■ Task prompt
The tail of the records, from the line containing "fn write<O: WriteTo>(&self, alloc: Global, object: &O)" through the final line, should be printed exactly and on its own.

-- Data to process follows --

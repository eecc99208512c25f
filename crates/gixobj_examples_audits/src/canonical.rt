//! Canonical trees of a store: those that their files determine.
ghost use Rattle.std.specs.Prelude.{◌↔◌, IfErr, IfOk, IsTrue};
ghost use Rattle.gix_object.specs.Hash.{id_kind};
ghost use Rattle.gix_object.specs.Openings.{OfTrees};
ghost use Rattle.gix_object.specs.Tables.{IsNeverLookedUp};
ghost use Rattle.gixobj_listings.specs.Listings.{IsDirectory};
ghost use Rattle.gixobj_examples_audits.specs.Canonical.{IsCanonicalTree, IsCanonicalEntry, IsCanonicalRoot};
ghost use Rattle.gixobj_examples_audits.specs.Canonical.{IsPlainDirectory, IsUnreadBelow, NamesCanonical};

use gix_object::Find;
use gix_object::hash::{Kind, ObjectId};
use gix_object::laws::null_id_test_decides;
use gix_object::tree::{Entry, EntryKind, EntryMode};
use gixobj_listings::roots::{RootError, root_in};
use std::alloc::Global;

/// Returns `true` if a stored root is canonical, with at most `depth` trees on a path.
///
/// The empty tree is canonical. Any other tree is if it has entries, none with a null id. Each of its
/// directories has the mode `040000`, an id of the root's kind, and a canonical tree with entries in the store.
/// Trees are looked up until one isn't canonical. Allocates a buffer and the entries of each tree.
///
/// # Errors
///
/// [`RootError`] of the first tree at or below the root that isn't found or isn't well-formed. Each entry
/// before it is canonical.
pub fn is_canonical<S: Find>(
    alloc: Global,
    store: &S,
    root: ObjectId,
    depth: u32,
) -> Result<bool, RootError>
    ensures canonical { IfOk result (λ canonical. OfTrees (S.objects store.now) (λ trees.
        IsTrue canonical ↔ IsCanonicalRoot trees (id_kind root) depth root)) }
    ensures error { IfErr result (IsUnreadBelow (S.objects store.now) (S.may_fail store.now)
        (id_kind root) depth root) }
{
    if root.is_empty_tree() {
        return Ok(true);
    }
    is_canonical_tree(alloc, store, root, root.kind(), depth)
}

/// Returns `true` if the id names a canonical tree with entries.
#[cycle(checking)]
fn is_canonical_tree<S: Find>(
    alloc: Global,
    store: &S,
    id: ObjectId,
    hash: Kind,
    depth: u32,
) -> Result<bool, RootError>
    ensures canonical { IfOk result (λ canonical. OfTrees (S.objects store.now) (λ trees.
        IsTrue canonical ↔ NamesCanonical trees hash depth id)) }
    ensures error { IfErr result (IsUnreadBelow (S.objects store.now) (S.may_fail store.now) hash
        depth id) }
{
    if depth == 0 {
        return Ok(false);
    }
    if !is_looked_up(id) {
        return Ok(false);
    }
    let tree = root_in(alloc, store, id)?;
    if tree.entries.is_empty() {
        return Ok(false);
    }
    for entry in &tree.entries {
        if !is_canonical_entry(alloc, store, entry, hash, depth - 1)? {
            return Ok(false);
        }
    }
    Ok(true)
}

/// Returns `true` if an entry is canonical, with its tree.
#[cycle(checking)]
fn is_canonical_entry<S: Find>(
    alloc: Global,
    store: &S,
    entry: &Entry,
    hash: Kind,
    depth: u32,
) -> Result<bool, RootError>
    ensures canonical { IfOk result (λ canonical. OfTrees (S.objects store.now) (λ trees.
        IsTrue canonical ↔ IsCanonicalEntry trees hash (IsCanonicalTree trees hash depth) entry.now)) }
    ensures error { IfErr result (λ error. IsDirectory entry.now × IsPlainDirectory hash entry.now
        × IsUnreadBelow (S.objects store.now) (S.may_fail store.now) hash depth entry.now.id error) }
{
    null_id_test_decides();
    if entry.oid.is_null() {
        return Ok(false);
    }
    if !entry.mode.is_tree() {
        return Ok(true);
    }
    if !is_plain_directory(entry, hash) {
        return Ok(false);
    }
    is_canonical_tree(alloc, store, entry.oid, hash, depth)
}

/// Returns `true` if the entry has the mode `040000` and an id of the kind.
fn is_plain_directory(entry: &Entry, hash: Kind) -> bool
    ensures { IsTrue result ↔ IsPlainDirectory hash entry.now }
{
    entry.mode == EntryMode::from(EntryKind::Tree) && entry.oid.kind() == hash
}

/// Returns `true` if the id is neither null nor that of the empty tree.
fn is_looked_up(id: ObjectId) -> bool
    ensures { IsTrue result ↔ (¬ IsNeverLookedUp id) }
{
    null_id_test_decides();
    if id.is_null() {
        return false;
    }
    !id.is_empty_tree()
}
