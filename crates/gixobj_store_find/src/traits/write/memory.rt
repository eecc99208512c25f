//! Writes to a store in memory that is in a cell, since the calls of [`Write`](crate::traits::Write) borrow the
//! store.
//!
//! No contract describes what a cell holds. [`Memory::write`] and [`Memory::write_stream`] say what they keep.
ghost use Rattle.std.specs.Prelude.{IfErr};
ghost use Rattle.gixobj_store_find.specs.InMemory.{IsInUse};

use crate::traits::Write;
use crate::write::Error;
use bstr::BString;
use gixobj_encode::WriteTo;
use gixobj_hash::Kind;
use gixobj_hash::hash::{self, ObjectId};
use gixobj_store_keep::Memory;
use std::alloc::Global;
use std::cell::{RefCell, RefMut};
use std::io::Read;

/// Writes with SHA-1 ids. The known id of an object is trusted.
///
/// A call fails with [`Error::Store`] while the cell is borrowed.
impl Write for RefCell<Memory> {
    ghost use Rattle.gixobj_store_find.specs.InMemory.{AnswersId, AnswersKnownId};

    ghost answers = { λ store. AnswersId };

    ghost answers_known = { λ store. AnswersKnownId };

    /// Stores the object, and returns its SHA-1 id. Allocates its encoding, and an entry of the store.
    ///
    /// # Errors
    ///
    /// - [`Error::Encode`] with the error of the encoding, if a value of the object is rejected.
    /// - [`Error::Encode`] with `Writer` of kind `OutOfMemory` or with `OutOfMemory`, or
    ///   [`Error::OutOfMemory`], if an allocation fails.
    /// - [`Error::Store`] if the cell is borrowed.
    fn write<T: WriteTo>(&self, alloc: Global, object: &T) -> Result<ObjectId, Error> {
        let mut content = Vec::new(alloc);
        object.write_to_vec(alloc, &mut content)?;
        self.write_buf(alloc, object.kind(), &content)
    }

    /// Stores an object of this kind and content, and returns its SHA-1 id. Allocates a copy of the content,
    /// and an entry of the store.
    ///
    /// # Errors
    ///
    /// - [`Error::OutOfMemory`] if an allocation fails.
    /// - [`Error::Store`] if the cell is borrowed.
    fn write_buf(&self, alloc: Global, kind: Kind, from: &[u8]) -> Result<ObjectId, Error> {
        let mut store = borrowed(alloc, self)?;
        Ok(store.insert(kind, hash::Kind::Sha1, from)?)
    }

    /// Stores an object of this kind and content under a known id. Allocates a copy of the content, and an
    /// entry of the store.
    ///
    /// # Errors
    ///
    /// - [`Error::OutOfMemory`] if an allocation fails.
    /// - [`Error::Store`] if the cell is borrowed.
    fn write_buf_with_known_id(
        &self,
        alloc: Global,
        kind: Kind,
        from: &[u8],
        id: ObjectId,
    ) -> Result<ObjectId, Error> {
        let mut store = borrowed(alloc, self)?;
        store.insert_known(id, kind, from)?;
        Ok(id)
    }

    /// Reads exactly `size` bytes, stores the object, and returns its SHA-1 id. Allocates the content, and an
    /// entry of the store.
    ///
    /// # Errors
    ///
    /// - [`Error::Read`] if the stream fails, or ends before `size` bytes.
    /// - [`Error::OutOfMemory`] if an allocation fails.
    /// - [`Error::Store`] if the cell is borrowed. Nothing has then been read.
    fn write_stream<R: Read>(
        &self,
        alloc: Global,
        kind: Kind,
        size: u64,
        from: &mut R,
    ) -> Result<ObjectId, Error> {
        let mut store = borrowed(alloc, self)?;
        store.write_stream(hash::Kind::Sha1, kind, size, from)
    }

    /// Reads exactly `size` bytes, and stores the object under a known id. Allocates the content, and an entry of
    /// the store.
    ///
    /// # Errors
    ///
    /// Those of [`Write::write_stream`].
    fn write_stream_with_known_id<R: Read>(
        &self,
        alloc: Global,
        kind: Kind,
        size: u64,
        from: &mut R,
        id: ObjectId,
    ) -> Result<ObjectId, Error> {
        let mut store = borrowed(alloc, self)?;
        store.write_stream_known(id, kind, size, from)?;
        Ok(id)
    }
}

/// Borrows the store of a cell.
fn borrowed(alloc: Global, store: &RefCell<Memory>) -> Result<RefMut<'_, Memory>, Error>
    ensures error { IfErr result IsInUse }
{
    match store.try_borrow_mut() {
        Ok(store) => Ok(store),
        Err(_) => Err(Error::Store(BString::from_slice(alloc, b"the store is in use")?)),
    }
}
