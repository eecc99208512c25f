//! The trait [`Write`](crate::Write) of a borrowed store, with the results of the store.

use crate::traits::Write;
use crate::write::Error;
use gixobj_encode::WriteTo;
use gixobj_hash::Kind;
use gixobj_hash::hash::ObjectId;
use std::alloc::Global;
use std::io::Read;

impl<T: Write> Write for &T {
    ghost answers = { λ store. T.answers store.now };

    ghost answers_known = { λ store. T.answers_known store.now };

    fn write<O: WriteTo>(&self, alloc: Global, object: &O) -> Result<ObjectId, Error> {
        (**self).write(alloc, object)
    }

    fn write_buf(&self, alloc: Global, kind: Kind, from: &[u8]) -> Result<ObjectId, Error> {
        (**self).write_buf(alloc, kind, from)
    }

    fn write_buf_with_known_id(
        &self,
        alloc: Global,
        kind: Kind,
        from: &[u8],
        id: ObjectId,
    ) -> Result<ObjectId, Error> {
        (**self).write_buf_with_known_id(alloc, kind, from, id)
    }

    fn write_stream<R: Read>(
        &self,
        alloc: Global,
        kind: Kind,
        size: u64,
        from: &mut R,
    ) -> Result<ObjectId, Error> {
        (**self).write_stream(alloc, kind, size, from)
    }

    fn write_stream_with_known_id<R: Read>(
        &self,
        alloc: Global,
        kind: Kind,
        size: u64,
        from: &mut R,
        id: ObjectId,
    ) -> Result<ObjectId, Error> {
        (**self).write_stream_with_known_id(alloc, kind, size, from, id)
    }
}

-- Data to process concluded --

■ Solved problem
    fn write<O: WriteTo>(&self, alloc: Global, object: &O) -> Result<ObjectId, Error> {
        (**self).write(alloc, object)
    }

    fn write_buf(&self, alloc: Global, kind: Kind, from: &[u8]) -> Result<ObjectId, Error> {
        (**self).write_buf(alloc, kind, from)
    }

    fn write_buf_with_known_id(
        &self,
        alloc: Global,
        kind: Kind,
        from: &[u8],
        id: ObjectId,
    ) -> Result<ObjectId, Error> {
        (**self).write_buf_with_known_id(alloc, kind, from, id)
    }

    fn write_stream<R: Read>(
        &self,
        alloc: Global,
        kind: Kind,
        size: u64,
        from: &mut R,
    ) -> Result<ObjectId, Error> {
        (**self).write_stream(alloc, kind, size, from)
    }

    fn write_stream_with_known_id<R: Read>(
        &self,
        alloc: Global,
        kind: Kind,
        size: u64,
        from: &mut R,
        id: ObjectId,
    ) -> Result<ObjectId, Error> {
        (**self).write_stream_with_known_id(alloc, kind, size, from, id)
    }
}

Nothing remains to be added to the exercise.